Aim of the task:
All lines below containing the string "those" are to be copied.

- - -

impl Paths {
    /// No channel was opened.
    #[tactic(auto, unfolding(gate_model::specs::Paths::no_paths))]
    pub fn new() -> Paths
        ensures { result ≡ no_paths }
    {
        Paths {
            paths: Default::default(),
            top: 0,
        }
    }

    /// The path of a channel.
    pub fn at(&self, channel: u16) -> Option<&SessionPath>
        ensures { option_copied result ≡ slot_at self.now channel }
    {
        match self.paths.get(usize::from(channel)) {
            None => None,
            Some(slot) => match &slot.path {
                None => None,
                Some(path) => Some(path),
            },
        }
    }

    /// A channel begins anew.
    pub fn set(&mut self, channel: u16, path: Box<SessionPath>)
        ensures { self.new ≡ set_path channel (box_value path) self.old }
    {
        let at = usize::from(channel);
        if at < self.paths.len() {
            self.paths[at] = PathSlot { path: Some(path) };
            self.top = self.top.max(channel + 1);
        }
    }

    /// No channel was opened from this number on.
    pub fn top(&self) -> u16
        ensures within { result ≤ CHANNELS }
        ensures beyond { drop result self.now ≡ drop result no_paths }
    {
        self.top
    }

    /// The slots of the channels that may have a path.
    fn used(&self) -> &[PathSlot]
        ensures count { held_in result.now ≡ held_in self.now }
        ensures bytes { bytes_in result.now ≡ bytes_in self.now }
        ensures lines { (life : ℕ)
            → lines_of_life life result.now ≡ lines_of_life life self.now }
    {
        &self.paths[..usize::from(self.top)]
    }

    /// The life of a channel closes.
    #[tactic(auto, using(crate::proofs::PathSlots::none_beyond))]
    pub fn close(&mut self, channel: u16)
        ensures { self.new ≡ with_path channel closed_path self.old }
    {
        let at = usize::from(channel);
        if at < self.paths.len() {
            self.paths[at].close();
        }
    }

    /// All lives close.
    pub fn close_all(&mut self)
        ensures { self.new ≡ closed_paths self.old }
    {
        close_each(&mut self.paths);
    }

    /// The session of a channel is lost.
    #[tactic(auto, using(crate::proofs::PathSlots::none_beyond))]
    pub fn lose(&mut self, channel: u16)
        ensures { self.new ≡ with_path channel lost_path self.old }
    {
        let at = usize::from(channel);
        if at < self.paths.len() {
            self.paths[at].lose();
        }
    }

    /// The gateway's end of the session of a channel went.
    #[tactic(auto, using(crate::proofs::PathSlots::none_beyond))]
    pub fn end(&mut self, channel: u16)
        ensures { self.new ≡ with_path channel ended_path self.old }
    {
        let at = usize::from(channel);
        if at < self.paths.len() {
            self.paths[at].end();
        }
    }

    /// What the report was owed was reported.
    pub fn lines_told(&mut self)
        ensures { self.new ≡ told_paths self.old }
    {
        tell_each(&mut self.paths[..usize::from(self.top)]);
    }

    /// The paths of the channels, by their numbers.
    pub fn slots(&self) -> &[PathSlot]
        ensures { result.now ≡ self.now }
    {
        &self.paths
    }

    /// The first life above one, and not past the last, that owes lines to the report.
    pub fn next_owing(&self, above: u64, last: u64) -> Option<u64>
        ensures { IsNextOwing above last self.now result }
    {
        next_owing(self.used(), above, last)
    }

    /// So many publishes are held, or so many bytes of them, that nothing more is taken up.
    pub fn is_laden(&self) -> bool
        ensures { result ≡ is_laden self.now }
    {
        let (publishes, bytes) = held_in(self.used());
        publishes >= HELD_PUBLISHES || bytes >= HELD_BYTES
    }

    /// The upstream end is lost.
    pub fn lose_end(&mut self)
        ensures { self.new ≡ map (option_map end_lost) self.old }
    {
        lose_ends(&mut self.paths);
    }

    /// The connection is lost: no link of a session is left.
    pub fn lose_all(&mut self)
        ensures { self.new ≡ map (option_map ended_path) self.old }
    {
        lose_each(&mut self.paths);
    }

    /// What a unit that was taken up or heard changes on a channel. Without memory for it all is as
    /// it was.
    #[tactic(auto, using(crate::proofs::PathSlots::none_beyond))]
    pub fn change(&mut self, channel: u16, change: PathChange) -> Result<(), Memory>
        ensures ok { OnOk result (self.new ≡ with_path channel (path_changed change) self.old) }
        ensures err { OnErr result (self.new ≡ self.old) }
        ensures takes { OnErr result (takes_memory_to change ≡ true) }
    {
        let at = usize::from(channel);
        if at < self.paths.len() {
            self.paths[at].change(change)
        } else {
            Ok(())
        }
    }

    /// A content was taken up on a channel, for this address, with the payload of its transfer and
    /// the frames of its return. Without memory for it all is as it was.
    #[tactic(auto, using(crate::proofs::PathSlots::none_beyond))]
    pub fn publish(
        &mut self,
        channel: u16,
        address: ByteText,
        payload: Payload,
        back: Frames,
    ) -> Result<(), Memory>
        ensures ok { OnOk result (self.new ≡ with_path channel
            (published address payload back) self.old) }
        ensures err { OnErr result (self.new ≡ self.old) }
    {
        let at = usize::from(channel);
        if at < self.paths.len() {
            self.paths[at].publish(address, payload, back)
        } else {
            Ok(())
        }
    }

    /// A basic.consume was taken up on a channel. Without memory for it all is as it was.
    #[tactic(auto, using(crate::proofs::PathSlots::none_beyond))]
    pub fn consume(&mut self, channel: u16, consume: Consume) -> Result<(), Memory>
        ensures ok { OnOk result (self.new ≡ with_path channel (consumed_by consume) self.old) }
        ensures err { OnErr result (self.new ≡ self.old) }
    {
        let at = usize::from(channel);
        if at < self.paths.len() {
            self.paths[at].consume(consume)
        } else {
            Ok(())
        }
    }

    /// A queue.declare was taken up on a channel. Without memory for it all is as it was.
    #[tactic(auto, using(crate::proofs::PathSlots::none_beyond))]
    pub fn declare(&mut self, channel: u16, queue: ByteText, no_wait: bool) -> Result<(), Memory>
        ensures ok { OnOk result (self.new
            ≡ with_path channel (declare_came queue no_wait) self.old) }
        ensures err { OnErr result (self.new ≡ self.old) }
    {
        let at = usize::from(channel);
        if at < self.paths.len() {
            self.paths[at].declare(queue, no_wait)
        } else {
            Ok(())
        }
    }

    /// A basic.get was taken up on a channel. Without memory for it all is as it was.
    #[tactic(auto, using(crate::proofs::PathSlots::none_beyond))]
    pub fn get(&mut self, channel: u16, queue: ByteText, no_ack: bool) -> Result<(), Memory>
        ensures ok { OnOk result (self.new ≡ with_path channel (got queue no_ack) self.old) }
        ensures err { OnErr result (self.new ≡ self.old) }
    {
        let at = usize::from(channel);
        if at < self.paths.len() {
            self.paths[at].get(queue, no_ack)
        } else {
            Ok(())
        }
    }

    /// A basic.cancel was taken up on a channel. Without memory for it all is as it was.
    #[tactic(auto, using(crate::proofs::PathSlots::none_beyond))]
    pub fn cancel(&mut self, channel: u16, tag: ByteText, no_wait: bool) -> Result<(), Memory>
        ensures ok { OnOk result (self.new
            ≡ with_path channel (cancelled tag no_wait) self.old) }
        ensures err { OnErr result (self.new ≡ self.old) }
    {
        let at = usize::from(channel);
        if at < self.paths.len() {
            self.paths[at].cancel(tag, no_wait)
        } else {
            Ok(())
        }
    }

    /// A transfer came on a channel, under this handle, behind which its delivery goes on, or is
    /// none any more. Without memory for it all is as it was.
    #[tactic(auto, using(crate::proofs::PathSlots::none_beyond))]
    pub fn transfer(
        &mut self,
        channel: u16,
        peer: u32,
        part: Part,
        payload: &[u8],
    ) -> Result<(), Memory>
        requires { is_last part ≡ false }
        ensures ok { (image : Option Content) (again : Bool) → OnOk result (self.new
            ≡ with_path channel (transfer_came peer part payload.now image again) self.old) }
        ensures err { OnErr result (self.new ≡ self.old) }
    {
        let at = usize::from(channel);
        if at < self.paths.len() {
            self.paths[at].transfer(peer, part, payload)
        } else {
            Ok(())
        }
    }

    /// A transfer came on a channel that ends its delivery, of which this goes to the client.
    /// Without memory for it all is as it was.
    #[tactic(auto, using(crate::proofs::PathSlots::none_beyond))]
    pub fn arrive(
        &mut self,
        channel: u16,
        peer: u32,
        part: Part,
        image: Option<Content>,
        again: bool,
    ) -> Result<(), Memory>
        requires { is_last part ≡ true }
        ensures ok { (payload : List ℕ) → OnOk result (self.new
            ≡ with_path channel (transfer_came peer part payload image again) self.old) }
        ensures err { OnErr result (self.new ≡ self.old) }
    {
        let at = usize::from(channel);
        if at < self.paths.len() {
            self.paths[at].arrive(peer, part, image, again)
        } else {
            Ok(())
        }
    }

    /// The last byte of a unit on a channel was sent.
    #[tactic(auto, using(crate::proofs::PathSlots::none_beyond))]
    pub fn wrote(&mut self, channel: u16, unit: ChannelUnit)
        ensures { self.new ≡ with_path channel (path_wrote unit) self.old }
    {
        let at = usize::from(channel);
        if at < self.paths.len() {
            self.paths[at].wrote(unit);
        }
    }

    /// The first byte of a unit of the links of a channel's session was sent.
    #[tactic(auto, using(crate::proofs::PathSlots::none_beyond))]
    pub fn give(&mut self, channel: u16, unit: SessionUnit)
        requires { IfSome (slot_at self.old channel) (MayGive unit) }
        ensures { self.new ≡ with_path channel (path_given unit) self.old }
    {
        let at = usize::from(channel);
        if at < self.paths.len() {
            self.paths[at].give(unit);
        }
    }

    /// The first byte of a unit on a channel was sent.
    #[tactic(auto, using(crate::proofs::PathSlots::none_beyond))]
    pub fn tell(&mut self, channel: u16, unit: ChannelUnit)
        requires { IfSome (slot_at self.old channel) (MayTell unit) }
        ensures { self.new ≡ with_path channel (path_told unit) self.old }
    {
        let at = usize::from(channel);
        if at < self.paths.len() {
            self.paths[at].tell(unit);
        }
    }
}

- - -

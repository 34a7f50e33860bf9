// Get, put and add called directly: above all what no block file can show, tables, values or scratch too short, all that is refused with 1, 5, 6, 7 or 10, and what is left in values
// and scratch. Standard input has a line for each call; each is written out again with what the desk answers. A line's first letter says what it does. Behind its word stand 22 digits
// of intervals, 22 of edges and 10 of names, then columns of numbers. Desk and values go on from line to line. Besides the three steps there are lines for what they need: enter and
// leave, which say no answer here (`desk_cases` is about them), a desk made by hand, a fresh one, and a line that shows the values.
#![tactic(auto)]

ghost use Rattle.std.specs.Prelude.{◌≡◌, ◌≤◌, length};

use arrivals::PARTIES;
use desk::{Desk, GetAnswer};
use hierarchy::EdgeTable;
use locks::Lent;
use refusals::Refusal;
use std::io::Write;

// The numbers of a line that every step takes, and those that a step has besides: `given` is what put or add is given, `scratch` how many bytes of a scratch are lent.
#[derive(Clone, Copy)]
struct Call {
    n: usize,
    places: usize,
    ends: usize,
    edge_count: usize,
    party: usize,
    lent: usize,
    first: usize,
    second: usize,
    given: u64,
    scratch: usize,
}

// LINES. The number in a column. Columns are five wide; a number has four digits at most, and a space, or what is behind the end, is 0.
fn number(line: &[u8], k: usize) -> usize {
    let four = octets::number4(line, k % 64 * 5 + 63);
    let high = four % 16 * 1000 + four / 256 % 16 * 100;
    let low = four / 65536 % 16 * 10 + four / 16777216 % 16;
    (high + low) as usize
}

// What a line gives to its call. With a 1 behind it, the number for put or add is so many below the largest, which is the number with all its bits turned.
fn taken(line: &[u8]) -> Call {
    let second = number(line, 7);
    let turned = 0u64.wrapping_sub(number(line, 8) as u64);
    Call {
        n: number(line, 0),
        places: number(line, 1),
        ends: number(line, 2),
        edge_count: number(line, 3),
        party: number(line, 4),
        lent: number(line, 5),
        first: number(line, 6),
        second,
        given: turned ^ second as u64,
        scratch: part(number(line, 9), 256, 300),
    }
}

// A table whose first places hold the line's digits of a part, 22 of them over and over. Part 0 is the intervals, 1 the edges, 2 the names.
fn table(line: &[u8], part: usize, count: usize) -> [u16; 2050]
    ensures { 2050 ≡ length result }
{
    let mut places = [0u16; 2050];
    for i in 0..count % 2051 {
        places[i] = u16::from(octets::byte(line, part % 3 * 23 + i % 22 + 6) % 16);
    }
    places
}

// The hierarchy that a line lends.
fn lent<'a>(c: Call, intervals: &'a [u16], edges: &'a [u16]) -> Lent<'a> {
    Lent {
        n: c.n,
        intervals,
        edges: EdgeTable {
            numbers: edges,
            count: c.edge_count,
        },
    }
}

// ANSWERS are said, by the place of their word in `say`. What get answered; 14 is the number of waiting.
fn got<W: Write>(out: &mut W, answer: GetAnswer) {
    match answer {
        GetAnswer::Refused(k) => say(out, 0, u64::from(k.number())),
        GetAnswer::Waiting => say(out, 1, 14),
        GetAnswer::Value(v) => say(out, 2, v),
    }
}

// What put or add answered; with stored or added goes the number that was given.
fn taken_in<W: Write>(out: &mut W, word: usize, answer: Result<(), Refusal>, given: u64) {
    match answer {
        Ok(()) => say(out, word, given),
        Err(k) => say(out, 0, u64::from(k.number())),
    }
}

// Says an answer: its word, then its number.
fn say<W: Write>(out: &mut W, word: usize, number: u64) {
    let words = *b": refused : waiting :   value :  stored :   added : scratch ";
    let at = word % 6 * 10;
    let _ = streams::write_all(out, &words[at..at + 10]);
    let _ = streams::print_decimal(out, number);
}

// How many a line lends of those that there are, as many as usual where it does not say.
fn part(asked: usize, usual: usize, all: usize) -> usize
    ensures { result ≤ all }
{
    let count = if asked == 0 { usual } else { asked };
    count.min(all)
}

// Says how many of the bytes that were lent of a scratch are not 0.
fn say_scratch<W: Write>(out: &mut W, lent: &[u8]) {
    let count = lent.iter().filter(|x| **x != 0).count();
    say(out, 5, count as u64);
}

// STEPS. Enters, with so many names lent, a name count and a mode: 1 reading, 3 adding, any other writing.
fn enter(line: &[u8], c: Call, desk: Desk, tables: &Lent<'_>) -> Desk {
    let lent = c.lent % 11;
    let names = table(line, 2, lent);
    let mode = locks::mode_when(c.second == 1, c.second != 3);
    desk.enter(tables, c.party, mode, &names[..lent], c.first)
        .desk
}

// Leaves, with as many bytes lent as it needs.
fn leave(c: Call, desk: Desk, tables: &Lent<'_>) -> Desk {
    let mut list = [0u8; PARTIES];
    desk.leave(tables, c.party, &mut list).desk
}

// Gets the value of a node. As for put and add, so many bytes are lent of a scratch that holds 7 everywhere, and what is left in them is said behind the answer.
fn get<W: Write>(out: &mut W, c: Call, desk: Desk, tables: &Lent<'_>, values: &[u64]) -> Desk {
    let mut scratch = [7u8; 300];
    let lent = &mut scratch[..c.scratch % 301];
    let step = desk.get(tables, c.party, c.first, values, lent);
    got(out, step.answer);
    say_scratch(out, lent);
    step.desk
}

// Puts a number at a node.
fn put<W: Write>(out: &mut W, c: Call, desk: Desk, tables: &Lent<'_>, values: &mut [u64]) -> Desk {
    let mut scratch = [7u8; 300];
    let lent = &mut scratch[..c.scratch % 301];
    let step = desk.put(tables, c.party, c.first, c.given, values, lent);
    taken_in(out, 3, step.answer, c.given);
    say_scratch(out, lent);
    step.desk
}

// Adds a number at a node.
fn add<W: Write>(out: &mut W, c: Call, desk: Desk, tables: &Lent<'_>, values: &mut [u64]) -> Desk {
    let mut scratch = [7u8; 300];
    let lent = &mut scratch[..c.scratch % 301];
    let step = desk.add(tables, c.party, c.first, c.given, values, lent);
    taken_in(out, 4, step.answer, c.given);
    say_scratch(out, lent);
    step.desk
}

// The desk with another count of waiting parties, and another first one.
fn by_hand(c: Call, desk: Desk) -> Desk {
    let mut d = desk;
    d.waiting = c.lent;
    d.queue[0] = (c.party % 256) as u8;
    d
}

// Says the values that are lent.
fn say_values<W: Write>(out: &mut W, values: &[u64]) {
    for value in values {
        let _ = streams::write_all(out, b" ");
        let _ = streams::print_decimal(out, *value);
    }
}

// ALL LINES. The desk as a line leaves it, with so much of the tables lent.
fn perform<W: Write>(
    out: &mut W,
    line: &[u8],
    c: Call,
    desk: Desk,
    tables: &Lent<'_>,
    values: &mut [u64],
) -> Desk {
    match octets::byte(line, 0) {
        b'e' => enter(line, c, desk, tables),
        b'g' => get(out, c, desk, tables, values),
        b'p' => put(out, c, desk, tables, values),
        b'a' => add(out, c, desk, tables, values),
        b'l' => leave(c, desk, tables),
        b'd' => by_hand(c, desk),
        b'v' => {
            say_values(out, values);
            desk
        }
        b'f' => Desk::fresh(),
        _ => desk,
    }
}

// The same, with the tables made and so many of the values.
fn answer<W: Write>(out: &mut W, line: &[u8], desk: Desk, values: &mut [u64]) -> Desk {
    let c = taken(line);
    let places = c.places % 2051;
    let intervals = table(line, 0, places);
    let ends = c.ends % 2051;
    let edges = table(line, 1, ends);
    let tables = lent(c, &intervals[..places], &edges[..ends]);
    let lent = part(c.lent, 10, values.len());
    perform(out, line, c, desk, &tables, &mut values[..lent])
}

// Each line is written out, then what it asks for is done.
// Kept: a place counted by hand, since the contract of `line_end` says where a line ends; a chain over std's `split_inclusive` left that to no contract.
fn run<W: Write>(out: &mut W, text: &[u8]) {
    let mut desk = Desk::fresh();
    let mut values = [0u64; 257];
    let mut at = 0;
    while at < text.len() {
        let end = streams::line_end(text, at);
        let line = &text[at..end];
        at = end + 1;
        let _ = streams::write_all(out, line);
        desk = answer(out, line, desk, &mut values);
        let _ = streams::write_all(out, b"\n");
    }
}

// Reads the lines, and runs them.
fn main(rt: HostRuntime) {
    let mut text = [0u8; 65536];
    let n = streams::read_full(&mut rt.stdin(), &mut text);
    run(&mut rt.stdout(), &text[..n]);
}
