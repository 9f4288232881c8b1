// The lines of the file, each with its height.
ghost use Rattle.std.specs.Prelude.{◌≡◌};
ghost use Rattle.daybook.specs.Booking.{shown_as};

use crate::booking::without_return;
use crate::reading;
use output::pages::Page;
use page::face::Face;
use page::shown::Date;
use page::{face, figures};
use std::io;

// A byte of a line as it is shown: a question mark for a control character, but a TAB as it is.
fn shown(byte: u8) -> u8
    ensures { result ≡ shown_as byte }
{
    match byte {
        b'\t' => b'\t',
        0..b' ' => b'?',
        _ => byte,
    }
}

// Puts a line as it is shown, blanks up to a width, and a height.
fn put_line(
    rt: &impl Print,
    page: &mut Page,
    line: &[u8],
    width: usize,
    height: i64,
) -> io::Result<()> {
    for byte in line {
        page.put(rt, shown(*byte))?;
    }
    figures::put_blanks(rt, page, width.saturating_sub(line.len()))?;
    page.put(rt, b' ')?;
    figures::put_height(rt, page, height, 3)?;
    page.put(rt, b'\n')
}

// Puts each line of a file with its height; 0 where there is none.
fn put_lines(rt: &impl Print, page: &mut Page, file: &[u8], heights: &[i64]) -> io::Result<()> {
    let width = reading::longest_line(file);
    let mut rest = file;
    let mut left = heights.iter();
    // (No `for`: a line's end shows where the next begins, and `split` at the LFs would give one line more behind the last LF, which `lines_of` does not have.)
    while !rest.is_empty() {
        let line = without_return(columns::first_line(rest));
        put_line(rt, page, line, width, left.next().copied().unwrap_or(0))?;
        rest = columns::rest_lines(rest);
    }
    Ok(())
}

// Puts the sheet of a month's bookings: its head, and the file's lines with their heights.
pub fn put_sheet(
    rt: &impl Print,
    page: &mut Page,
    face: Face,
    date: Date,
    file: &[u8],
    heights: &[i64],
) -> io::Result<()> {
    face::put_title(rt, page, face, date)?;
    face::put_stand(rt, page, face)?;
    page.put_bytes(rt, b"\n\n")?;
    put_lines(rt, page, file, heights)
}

- - -

Result:
// The numbers of a line that every step takes, and those that a step has besides: `given` is what put or add is given, `scratch` how many bytes of a scratch are lent.
// How many a line lends of those that there are, as many as usual where it does not say.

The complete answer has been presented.